# Blackberrys....what a day



## Woodbutcher-1 (Nov 21, 2004)

Last week i picked a little over 5 gallons of blackberry's in about 2 1/2 days. Last saturday a ran them through a machine that removes all the SEEDS, and ended up with 2 1/2 gallon of juice. Today 7-23 we ended up with 30 pints of seedless blackberry jelly.What a job, but it was all worth it.


----------



## koby (Jul 20, 2001)

you rule.


----------



## James Dymond (Feb 23, 2002)

Woodbutcher-1 said:


> Last week i picked a little over 5 gallons of blackberry's in about 2 1/2 days. Last saturday a ran them through a machine that removes all the SEEDS, and ended up with 2 1/2 gallon of juice. Today 7-23 we ended up with 30 pints of seedless blackberry jelly.What a job, but it was all worth it.

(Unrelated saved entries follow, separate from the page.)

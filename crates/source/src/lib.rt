// What is judged: a book or a sheet, seen as companies' tables, links and rules. What each of them says is told in the same words.
#![tactic(auto)]

pub mod limits;

ghost use Rattle.std.specs.Prelude.{◌≡◌, ℕ, ◌<◌, length};
ghost use Rattle.outline.specs.Fares.{Table, Fares, fare_at, table_at, link_at, rule_at};
ghost use Rattle.outline.specs.Judging.{same_link};
ghost use Rattle.outline.specs.Sheet.{link_in};

use outline::Rule;

// A company: how many stations it has, its entries, and where each entry stands in the book or the sheet.
pub trait Company: Copy {
    ghost table: { Self → Table };

    ghost place: { Self → ℕ → ℕ → ℕ };

    fn stations(self) -> u16
        ensures { result ≡ (table self).stations };

    // The entry of row i, column j.
    fn entry(self, i: u16, j: u16) -> u16
        requires { (i < (table self).stations) × (j < (table self).stations) }
        ensures { result ≡ fare_at (table self) i j };

    fn place(self, i: u16, j: u16) -> usize
        requires { (i < (table self).stations) × (j < (table self).stations) }
        ensures { result ≡ place self i j };
}

pub trait Source: Copy {
    type Company: Company;

    ghost fares: { Self → Fares };

    ghost place: { Self → ℕ → ℕ → ℕ → ℕ };

    fn companies(self) -> u16
        ensures { result ≡ length (fares self).tables };

    fn company(self, c: u16) -> Self::Company
        requires { c < length (fares self).tables }
        ensures says { Self.Company.table result ≡ table_at (fares self) c }
        ensures stands { Self.Company.place result ≡ place self c };

    fn links(self) -> u16
        ensures { result ≡ length (fares self).links };

    // The four numbers of link k, as a sheet has them.
    fn link(self, k: u16) -> [u16; 4]
        requires { k < length (fares self).links }
        ensures { link_in result 0 ≡ link_at (fares self) k };

    // Whether links j and k are the same. Each source compares them as they stand in it: a book's are four bytes.
    fn same_links(self, j: u16, k: u16) -> bool
        requires { (j < length (fares self).links) × (k < length (fares self).links) }
        ensures { result ≡ same_link (link_at (fares self) j) (link_at (fares self) k) };

    fn rules(self) -> u16
        ensures { result ≡ length (fares self).rules };

    fn rule(self, k: u16) -> Rule
        requires { k < length (fares self).rules }
        ensures { result ≡ rule_at (fares self) k };
}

What is the machine that removes all the seeds? Thanks

Jim


----------



## Woodbutcher-1 (Nov 21, 2004)

Jim, This is a machine that my wife bought many,many years ago to process tomatoes for juice and sauces etc.Take a look at the att. link. Use the finest (smallest holed) sieve that is available.

http://www.ebay.com/sch/items/victorio strainer?_dmd=1&_sop=12


----------



## Michigan Mike (May 21, 2004)

Awsome Leonard!
Just picking them is a hazardous job at times
but well worth it.


----------